⟨

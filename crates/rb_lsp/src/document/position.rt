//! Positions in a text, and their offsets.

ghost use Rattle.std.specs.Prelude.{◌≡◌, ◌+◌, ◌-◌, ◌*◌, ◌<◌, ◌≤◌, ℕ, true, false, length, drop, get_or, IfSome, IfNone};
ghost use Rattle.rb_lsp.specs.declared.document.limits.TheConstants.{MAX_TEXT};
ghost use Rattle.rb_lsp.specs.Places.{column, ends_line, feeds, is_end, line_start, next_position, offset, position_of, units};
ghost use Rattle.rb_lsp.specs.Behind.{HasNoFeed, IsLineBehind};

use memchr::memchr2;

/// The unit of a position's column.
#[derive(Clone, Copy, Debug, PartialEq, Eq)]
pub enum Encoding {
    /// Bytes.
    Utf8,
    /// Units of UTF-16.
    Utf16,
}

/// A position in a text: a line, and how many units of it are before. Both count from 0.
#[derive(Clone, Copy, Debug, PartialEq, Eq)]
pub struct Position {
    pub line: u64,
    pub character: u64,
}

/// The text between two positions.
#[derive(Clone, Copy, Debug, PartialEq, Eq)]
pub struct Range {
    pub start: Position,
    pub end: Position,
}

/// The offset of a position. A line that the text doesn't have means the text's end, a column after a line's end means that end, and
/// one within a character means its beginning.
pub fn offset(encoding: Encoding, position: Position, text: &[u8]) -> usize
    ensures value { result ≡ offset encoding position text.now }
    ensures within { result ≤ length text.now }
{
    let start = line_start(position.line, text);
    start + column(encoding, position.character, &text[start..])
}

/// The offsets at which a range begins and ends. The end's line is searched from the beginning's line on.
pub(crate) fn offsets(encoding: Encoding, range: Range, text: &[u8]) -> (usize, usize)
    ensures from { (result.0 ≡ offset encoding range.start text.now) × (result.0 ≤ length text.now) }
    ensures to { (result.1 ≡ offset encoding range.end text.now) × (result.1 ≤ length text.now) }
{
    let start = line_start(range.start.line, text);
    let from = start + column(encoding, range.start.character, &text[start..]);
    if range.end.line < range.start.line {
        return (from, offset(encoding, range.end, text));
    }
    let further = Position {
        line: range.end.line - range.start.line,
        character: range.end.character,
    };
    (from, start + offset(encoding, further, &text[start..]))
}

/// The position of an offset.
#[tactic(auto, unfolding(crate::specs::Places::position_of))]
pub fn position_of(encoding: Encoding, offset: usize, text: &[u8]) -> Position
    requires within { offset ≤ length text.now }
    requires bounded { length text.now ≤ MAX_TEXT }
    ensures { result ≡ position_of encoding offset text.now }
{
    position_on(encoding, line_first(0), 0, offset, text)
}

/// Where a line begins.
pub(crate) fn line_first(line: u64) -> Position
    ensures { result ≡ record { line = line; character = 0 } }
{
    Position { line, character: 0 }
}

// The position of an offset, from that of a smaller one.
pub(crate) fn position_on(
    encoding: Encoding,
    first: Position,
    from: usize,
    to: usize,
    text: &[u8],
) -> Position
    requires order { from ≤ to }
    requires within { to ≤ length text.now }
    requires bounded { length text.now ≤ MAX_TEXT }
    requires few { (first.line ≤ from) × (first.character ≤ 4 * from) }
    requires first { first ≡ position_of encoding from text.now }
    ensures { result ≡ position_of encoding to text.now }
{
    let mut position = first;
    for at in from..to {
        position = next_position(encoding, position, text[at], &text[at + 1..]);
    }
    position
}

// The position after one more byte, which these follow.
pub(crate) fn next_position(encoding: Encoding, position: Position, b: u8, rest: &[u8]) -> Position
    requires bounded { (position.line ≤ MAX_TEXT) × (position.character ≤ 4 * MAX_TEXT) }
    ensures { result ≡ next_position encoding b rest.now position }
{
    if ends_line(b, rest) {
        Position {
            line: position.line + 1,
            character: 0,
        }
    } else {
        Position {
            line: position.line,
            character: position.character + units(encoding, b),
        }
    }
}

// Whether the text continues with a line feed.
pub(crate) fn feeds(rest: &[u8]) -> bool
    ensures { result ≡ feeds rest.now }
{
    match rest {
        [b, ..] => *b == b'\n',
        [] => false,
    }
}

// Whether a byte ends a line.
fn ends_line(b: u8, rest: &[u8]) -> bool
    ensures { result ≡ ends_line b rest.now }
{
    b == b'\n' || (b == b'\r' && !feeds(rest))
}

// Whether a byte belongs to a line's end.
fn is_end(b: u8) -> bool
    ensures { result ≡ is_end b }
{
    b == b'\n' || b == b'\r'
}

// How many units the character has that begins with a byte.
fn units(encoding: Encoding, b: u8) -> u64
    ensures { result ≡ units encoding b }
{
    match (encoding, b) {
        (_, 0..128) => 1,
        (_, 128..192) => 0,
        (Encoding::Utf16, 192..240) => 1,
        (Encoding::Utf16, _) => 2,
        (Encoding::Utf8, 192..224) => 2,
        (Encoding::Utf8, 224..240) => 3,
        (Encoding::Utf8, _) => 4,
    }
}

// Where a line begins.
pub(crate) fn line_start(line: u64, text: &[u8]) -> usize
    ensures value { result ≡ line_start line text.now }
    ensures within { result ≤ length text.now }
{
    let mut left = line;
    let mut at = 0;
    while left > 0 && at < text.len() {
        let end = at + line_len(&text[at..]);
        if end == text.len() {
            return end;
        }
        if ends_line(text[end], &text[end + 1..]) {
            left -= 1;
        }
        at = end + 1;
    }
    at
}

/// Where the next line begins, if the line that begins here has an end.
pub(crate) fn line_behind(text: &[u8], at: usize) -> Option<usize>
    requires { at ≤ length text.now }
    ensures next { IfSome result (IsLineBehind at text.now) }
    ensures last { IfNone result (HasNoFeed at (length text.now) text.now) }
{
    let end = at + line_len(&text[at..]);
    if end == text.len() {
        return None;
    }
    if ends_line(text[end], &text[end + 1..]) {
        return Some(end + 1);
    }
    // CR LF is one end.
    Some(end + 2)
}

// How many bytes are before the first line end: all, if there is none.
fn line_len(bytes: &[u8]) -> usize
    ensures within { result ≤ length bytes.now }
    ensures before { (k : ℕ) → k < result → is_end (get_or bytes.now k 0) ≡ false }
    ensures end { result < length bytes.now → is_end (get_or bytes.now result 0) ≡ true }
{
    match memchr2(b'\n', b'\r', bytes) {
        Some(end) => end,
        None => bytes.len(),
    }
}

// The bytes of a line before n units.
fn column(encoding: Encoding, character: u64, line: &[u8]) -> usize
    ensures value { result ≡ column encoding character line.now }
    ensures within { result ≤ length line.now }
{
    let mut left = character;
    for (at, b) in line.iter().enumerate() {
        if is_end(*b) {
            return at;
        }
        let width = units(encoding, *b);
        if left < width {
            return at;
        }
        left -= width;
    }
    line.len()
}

⟩

▶ YOUR TASK: In how many lines of the records does the string "document" occur? Answer with the number alone.

▶ SOLUTION BELOW: 2